Tofisopam, administered twice daily to the mice, was capable of reducing the increased immobility in our model. The effect was evident 3 days after the last dose of tofisopam, indicating that the effect cannot be related to an acute effect of tofisopam on mouse behavior. The enhancement of immobility induced by subchronic administration of NMDA antagonists is attenuated by clozapine and risperidone, which are known to improve negative symptoms in patients, but not by haloperidol, which does not improve them (Noda et al. 1995, 2000). Tofisopam thus bears the potential to ameliorate negative symptoms of psychosis such as avolition; however, no complete normalization could be obtained. This may be related to the short half-life of tofisopam in rodents, but further experiments are needed to evaluate the potential of tofisopam or other (more potent) 2,3-BZDs in psychosis. Other models of negative symptoms of psychosis should be also employed to evaluate whether negative symptoms beyond avolition are also modified.

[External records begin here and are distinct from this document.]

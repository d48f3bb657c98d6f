//! Scripts on two levels.

use super::{Given, told_by};
use call_rim::Status;
use pair_text::PairKind;
use std::test::Fail;

// Two ways of an L2 with three lines in turn: each use misses there, and the last one hits the L3.
const TWO_WAYS: &str = "machine sets=4 ways=4 l2_sets=1 l2_ways=2
tasks 1
write /mode exclusive
flush
access 1 0 0
access 1 0 64
access 1 0 128
access 1 0 0
";

const TWO_WAYS_REPORT: &str =
    "window 0 group 0 from 1: covered 4, l2 hits 0 private 0, l3 accesses 4 hits 1 private 1
group 0 /: l2 accesses 4 hits 0 misses 4, l3 accesses 4 hits 1 misses 3
l2 domain 0: valid 2 of 2
l3 domain 0: valid 3 of 16
total: commands 2 refused 0
";

// Four ways hold all three.
const FOUR_WAYS: &str = "machine sets=4 ways=4 l2_sets=1 l2_ways=4
tasks 1
write /mode exclusive
flush
access 1 0 0
access 1 0 64
access 1 0 128
access 1 0 0
";

const FOUR_WAYS_REPORT: &str =
    "window 0 group 0 from 1: covered 4, l2 hits 1 private 1, l3 accesses 3 hits 0 private 0
group 0 /: l2 accesses 4 hits 1 misses 3, l3 accesses 3 hits 0 misses 3
l2 domain 0: valid 3 of 4
l3 domain 0: valid 3 of 16
total: commands 2 refused 0
";

const REPORTS: [(&str, &str); 2] = [(TWO_WAYS, TWO_WAYS_REPORT), (FOUR_WAYS, FOUR_WAYS_REPORT)];

#[test]
fn scripts_have_their_reports(rt: HostRuntime) -> Result<(), Fail> {
    for (script, report) in REPORTS {
        let told = told_by(
            rt.alloc(),
            &Given::of(PairKind::Levels, &["--quiet"], script),
        )?;
        assert_eq!(rt; told.status, Status::Done);
        assert!(rt; told.has_journals);
        assert_eq!(rt; told.taken.as_slice(), report.as_bytes());
    }
    Ok(())
}

// Scripts with a mask that is past the ways of an L2, and how their reports begin.
const PAST_THE_L2: [(&str, &str); 2] = [
    (
        "machine ways=8 l2_ways=4\nwrite /schemata L2:0=10\nwrite /schemata L3:0=10\n",
        "0 write /schemata L2:0=10: EINVAL mask 10 out of range\n1 write /schemata L3:0=10: ok\n",
    ),
    (
        "machine sets=4 ways=4 l2_sets=1 l2_ways=4\nwrite /schemata L2:0=10\n",
        "0 write /schemata L2:0=10: EINVAL mask 10 out of range\n",
    ),
];

#[test]
fn each_side_has_its_ways(rt: HostRuntime) -> Result<(), Fail> {
    for (script, due) in PAST_THE_L2 {
        let told = told_by(rt.alloc(), &Given::of(PairKind::Levels, &[], script))?;
        assert_eq!(rt; told.status, Status::Done);
        assert!(rt; told.taken.as_slice().starts_with(due.as_bytes()));
    }
    Ok(())
}

// The usage line of each program, for words that ask for nothing.
const USAGE_LINES: [(PairKind, &str); 2] = [
    (PairKind::Cdp, "usage: resctrl_cdp [--quiet]\n"),
    (PairKind::Levels, "usage: resctrl_l2 [--quiet]\n"),
];

#[test]
fn other_words_are_told_the_usage(rt: HostRuntime) -> Result<(), Fail> {
    for (kind, line) in USAGE_LINES {
        let told = told_by(
            rt.alloc(),
            &Given::of(kind, &["--quiet", "--quiet"], TWO_WAYS),
        )?;
        assert_eq!(rt; told.status, Status::Usage);
        assert!(rt; !told.has_journals);
        assert_eq!(rt; told.taken.as_slice(), line.as_bytes());
    }
    Ok(())
}
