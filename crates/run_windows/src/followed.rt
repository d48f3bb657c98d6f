//! Trees that are taken through the history of a run, with the changes of the exclusive groups.
ghost use Rattle.std.specs.Prelude.{◌≡◌, ◌+◌, [], IfOk, length};
ghost use Rattle.run_law.specs.Runs.{IsRun};
ghost use Rattle.run_replay.specs.Playbacks.{HasTakenBefore};
ghost use Rattle.run_windows.specs.Changes.{AreChanges};
ghost use Rattle.run_windows.specs.Edits.{changes_of};
ghost use Rattle.run_windows.specs.Followed.{HasFollowed, followed_tree};
ghost use Rattle.script_ops.specs.Values.{IsLawful};

use crate::changes::{Log, Past, closed, first_log, follow};
use rc_base::NoMemory;
use run_law::Journals;
use run_replay::{Playback, Replay, Run};
use script_ops::Script;
use std::alloc::Global;
use tree_core::Tree;

/// The tree of a run, as it was before a command, with what the commands before it did to the exclusive groups. Each command that
/// changed an exclusive group or a mask of one costs the record of that group, some 60 bytes.
#[derive(Drop)]
pub struct FollowedReplay {
    replay: Replay,
    log: Log,
}

impl FollowedReplay {
    /// The opening tree of a run, in which no group is exclusive.
    pub fn create(
        alloc: Global,
        script: &Script,
        journals: &Journals,
    ) -> Result<FollowedReplay, NoMemory>
        requires lawful { IsLawful script.now }
        requires run { IsRun script.now journals.now }
        ensures taken { IfOk result (λ f. HasTakenBefore script.now journals.now.tree 0 (followed_tree f)) }
        ensures noted { IfOk result (λ f. HasFollowed script.now journals.now f) }
    {
        let replay = Replay::create(alloc, script, journals)?;
        let log = first_log(alloc);
        Ok(FollowedReplay { replay, log })
    }
}

impl Playback for FollowedReplay {
    ghost played = { λ f. followed_tree f };

    ghost notes = { λ script j f. HasFollowed script j f };

    fn tree(&self) -> &Tree {
        self.replay.tree()
    }

    fn play_to(
        &mut self,
        script: &Script,
        journals: &Journals,
        position: usize,
    ) -> Result<(), NoMemory> {
        let run = Run { script, journals };
        follow(&run, &mut self.replay, &mut self.log, position)
    }
}

/// What makes the groups that are exclusive at first, and after each command that changes them or a mask of theirs, of those of
/// the next change, and the last of none. The tree is taken through the rest of its history for it.
pub(crate) fn changes_after(run: &Run<'_>, followed: FollowedReplay) -> Result<Vec<Past>, NoMemory>
    requires taken { HasTakenBefore run.now.script.now run.now.journals.now.tree (length run.now.journals.now.tree) (followed_tree followed) }
    requires noted { HasFollowed run.now.script.now run.now.journals.now followed }
    ensures { IfOk result (λ pasts. AreChanges run.now.script.now run.now.journals.now (length run.now.journals.now.tree + 1) (changes_of [] pasts.items)) }
{
    let FollowedReplay {
        mut replay,
        mut log,
    } = followed;
    let tree = run.journals.tree();
    follow(run, &mut replay, &mut log, tree.len())?;
    closed(run, log)
}
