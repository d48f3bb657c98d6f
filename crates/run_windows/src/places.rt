//! Lists that differ in one element.
ghost use Rattle.std.specs.Prelude.{◌≡◌, IfOk, OnOk};
ghost use Rattle.std.specs.List.{insert, remove, slice_set};

use rc_base::NoMemory;
use std::alloc::Global;

/// Puts an element in place of the one there. Past the end nothing changes.
pub(crate) fn put<T: Copy>(list: &mut Vec<T>, at: usize, element: T)
    ensures { list.new.items ≡ slice_set list.old.items at element }
{
    if at < list.len() {
        list[at] = element;
    }
}

/// Inserts an element, at the end where the place is past it.
pub(crate) fn insert<T: Copy>(list: &mut Vec<T>, at: usize, element: T) -> Result<(), NoMemory>
    ensures { OnOk result (list.new.items ≡ insert list.old.items at element) }
{
    if at < list.len() {
        list.insert(at, element)?;
    } else {
        list.push(element)?;
    }
    Ok(())
}

/// Removes an element. Past the end nothing changes.
pub(crate) fn remove<T: Copy>(list: &mut Vec<T>, at: usize)
    ensures { list.new.items ≡ remove list.old.items at }
{
    if at < list.len() {
        list.remove(at);
    }
}

/// A list of these elements.
pub(crate) fn copied<T: Copy>(alloc: Global, list: &[T]) -> Result<Vec<T>, NoMemory>
    ensures { IfOk result (λ copy. copy.items ≡ list.now) }
{
    let mut copy: Vec<T> = Vec::new(alloc);
    copy.extend_from_slice(list)?;
    Ok(copy)
}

It may be discussed which phosphodiesterase isoenzymes may be responsible for the observed pharmacological action in mice. Both, PDE-4 and PDE-10 isoenzymes are involved in pharmacological action which may result in effects on negative symptoms of psychosis. Siuciak reviewed in 2008 the role of phosphodiesterases in psychosis and she concludes that both isoenzymes bear great potential for the treatment of positive symptoms, negative symptoms and/or cognitive deficits associated with schizophrenia (Siuciak 2008). Drugs targeting both targets may be of even higher interest. While the potential of such dual inhibitors has not yet been explored systematically and while no CNS-active drugs with selectivity for PDE-4 or PDE-10 are marketed so far, the availability of tofisopam enables a first insight in the potential of such dual inhibitors. Furthermore, the additional inhibition of PDE-2 may also contribute to the overall activity, adding anxiolytic effects and potentially also positive effects on cognitive function. Tofisopam is not afflicted with the well-known side effects of selective PDE-4 inhibitors. While Bernard et al. (2008) discuss that tofisopam may represent a novel structural class of tolerated PDE-4 inhibitors without emetogenic potential, an alternative explanation to the good tolerability may be that the combination of a partial block of multiple PDEs with additive or even synergistic pharmacological effects results in the observed pharmacology, while preventing the toxicity known from highly selective and potent compounds, dosed to induce a complete block of individual enzymes.

Other 2,3-BZDs may be systematically evaluated for their interaction with PDE isoenzymes and compounds with combined affinity to PDE-4 and PDE-10, but also to PDE-2 may be tested in respective animal models, with focus on dual or even triple inhibitors.